The cafeteria workers he was speaking to were preparing for an arm-in-arm street blockade in front of the Dirksen Senate Office Building that would surely end in some arrests. The demonstration was held on July 20, but Brian Jordan, O.F.M., thought a selection from the upcoming Sunday Gospel—Luke 11:9-10—was perfect for his purposes.

     “...ask and you will receive;
     seek and you will find;
     knock and the door will be opened to you.
     For everyone who asks, receives;
     and the one who seeks, finds…”

Father Jordan told the workers: “Keep on asking, keep on seeking, keep on knocking; Don’t give up.” Their perseverance will be rewarded, he told them. It’s right there in Scripture.

Those workers have been asking for a long time: It took them over seven years to get union membership recognized and then to negotiate a union contract.

The Senate cafeteria workers are not asking for much—just an improved hourly rate and something close to the health insurance abundance enjoyed by the senators they serve each day.

They are not asking for much—just an improved hourly rate that has a chance of catching up to inflation and something close to the health insurance abundance enjoyed by the senators, other members of Congress and staff they serve each day. The tentative contract also includes pension benefits that will mean many of the cafeteria workers will be able to set some money aside for retirement for the first time in their working lives.

After Father Jordan’s exhortation, 17 workers and supporters were arrested for blocking traffic as they called for U.S. senators to support the deal.

Father Jordan, pastor of St.

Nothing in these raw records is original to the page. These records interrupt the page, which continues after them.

ghost use Rattle.std.specs.Prelude.{◌≡◌, ◌≤◌, ℕ, List, Option, IsSome, OnOk, length};
ghost use mathlib.Core.List.{IsPrefix};
ghost use Rattle.interleave_core.specs.Grown.{setup_of};
ghost use Rattle.serial_model.specs.Replay.{replay};
ghost use Rattle.transcript.specs.Written.{CountsLive, HasWritten, HasWrittenAll, IsTaken, IsTakenWhole, IsUntaken};
ghost use Rattle.world_lock.specs.Known.{IsSeatOf};

use crate::behind::{Behind, bytes_behind};
use crate::counted::{Counted, write_counted};
use interleave_core::World;
use std::alloc::Global;
use std::sync::Wait;
use world_io::Sink;
use world_lock::{Seat, WorldLock};

/// Why a live write stopped.
#[derive(Clone, Copy, Debug, PartialEq, Eq)]
pub enum LiveNo {
    /// A write failed.
    Failed,
    /// Memory is wanting, and nothing is written.
    Memory,
}

/// A seat after a live write, and how that went.
#[derive(Drop)]
pub struct LiveStep {
    pub seat: Seat<World>,
    pub result: Result<(), LiveNo>,
}

/// Enters, copies the bytes of the world behind the first `written`, leaves, and writes them. The bytes that the sink took
/// since `written` was 0 are always the first `written` bytes of a history that the seat has seen; with `Ok` they are all the
/// bytes of the history that it has then seen, which replays. `Failed` comes only where the count of the sink's faults rose; with
/// `Memory` the sink took nothing. The seat that comes back has the shares of the given one, and has seen at least what that had.
pub fn write_live<R: Wait, K: Sink>(
    rt: &R,
    alloc: Global,
    lock: &WorldLock<World>,
    seat: Seat<World>,
    sink: &mut K,
    written: &mut u64,
) -> LiveStep
    requires of { IsSeatOf lock.now seat }
    ensures of { IsSeatOf lock.now result.seat }
    ensures shares { result.seat.shares ≡ seat.shares }
    ensures seen { IsPrefix seat.seen result.seat.seen }
    ensures replays { IsSome (replay (setup_of lock.now.setup) result.seat.seen) }
    ensures kept { (start : Option (List ℕ)) → HasWritten lock.now.setup start (K.seen sink.old).taken written.old seat.seen
        → HasWritten lock.now.setup start (K.seen sink.new).taken written.new result.seat.seen }
    ensures whole { OnOk result.result ((start : Option (List ℕ)) → HasWritten lock.now.setup start (K.seen sink.old).taken written.old seat.seen
        → HasWrittenAll lock.now.setup start (K.seen sink.new).taken written.new result.seat.seen) }
    ensures counts { CountsLive result.result (K.seen sink.old).faults (K.seen sink.new).faults }
    ensures faults_later { (K.seen sink.old).faults ≤ (K.seen sink.new).faults }
    ensures memory { IsUntaken result.result (K.seen sink.old).taken (K.seen sink.new).taken written.old written.new }
{
    let Behind { seat, total, bytes } = bytes_behind(rt, alloc, lock, seat, *written);
    match bytes {
        Ok(bytes) => {
            let result = write_behind(bytes.as_slice(), total, sink, written);
            LiveStep { seat, result }
        }
        Err(_) => LiveStep {
            seat,
            result: Err(LiveNo::Memory),
        },
    }
}

/// Writes the bytes, which are those behind the first `written` of so many, and counts what the sink took.
fn write_behind<K: Sink>(
    bytes: &[u8],
    total: usize,
    sink: &mut K,
    written: &mut u64,
) -> Result<(), LiveNo>
    requires { length bytes.now ≤ total }
    ensures taken { IsTaken bytes.now total (K.seen sink.old).taken (K.seen sink.new).taken written.new }
    ensures whole { OnOk result (IsTakenWhole bytes.now total (K.seen sink.old).taken (K.seen sink.new).taken written.new) }
    ensures counts { CountsLive result (K.seen sink.old).faults (K.seen sink.new).faults }
    ensures faults_later { (K.seen sink.old).faults ≤ (K.seen sink.new).faults }
    ensures memory { IsUntaken result (K.seen sink.old).taken (K.seen sink.new).taken written.old written.new }
{
    let Counted { count, outcome } = write_counted(bytes, sink);
    *written = (total - (bytes.len() - count)) as u64;
    outcome.map_err(|_| LiveNo::Failed)
}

Camillus in nearby Silver Spring, Md., is part of a fraternity once more vibrant and visible in the U.S. church. He is a labor priest, following a personal invitation to take on that role 40 years ago from the great mentor of generations of American labor priests, the late Monsignor George Higgins.

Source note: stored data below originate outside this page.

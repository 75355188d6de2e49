//! The tables of a catalogue, with their versions.

ghost use Rattle.std.specs.Prelude.{◌≡◌, ◌++◌, OnOk};
ghost use Rattle.lt_store_codecs.specs.StoreCodec as store;

use crate::writing::fields::{put_bytes16, put_fallback, put_flag};
use crate::writing::items::{Writes, put_list, put_list8, put_list16};
use crate::writing::kinds::put_kind;
use lt_core::{KeyKind, Memory, Writer};
use lt_schema::{Column, KeyColumn, Registered, Table};
use std::alloc::Global;

/// How many tables there are, and each of them.
#[tactic(auto, unfolding(lt_store_codecs::specs::StoreCodec::catalogue))]
pub fn put_tables(alloc: Global, to: &mut Writer, tables: &[Table]) -> Result<(), Memory>
    requires { store.catalogue.Lawful tables.now }
    ensures { OnOk result (to.new ≡ to.old ++ store.catalogue.spell tables.now) }
{
    put_list(alloc, to, tables)
}

impl Writes for Table {
    ghost use Rattle.lt_tables.specs.Schema as schema;
    ghost use Rattle.lt_store_codecs.specs.StoreCodec.{table};

    ghost Seen = { schema.Table };

    ghost view = { λ t. t };

    ghost spelling = { table.spell };

    ghost Fits = { table.Lawful };

    #[tactic(auto, unfolding(lt_store_codecs::specs::StoreCodec::table))]
    fn put(&self, alloc: Global, to: &mut Writer) -> Result<(), Memory> {
        to.u32(self.number())?;
        put_bytes16(to, self.name())?;
        put_list8(alloc, to, self.key())?;
        put_list16(alloc, to, self.versions())?;
        Ok(())
    }
}

impl Writes for Registered {
    ghost use Rattle.lt_tables.specs.Schema as schema;
    ghost use Rattle.lt_store_codecs.specs.StoreCodec.{version};
    ghost use Rattle.lt_schema.specs.Tables.{view_registered};

    ghost Seen = { schema.Registered };

    ghost view = { view_registered };

    ghost spelling = { version.spell };

    ghost Fits = { version.Lawful };

    #[tactic(auto, unfolding(lt_store_codecs::specs::StoreCodec::version))]
    fn put(&self, alloc: Global, to: &mut Writer) -> Result<(), Memory> {
        put_flag(to, self.live)?;
        put_list16(alloc, to, self.version.columns.as_slice())?;
        Ok(())
    }
}

impl Writes for Column {
    ghost use Rattle.lt_tables.specs.Schema as schema;
    ghost use Rattle.lt_schema.specs.View.{view_column};
    ghost use Rattle.lt_store_codecs.specs.StoreCodec.{column};

    ghost Seen = { schema.Column };

    ghost view = { view_column };

    ghost spelling = { column.spell };

    ghost Fits = { column.Lawful };

    #[tactic(auto, unfolding(lt_store_codecs::specs::StoreCodec::column))]
    fn put(&self, alloc: Global, to: &mut Writer) -> Result<(), Memory> {
        to.u16(self.number)?;
        put_bytes16(to, self.name.as_slice())?;
        put_kind(alloc, to, &self.kind)?;
        put_fallback(alloc, to, &self.fallback)?;
        Ok(())
    }
}

impl Writes for KeyColumn {
    ghost use Rattle.lt_tables.specs.Schema as schema;
    ghost use Rattle.lt_schema.specs.View.{view_key_column};
    ghost use Rattle.lt_store_codecs.specs.StoreCodec.{key_column};

    ghost Seen = { schema.KeyColumn };

    ghost view = { view_key_column };

    ghost spelling = { key_column.spell };

    ghost Fits = { key_column.Lawful };

    #[tactic(auto, unfolding(lt_store_codecs::specs::StoreCodec::key_column))]
    fn put(&self, _: Global, to: &mut Writer) -> Result<(), Memory> {
        put_bytes16(to, self.name.as_slice())?;
        put_key_kind(to, self.kind)?;
        Ok(())
    }
}

#[tactic(auto, unfolding(lt_store_codecs::specs::StoreCodec::key_kind, lt_codecs::specs::Codec::u8))]
fn put_key_kind(to: &mut Writer, kind: KeyKind) -> Result<(), Memory>
    ensures { OnOk result (to.new ≡ to.old ++ store.key_kind.spell kind) }
{
    match kind {
        KeyKind::Int64 => to.u8(1),
        KeyKind::Text => to.u8(2),
    }
}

He conjoined his vocation as a Franciscan with a union movement that in its heyday helped create the American middle class, defining wage and benefit standards most contemporary workers take for granted. Father Jordan sees his contemporary work with Local 23 as firmly in the Franciscan tradition. Franciscans were spiritual guides for the labor guilds from the 13th to the 15th century—blacksmiths, carpenters, masons and the like, he explains. Those guilds “laid the foundation stones of labor unions as we know them now.”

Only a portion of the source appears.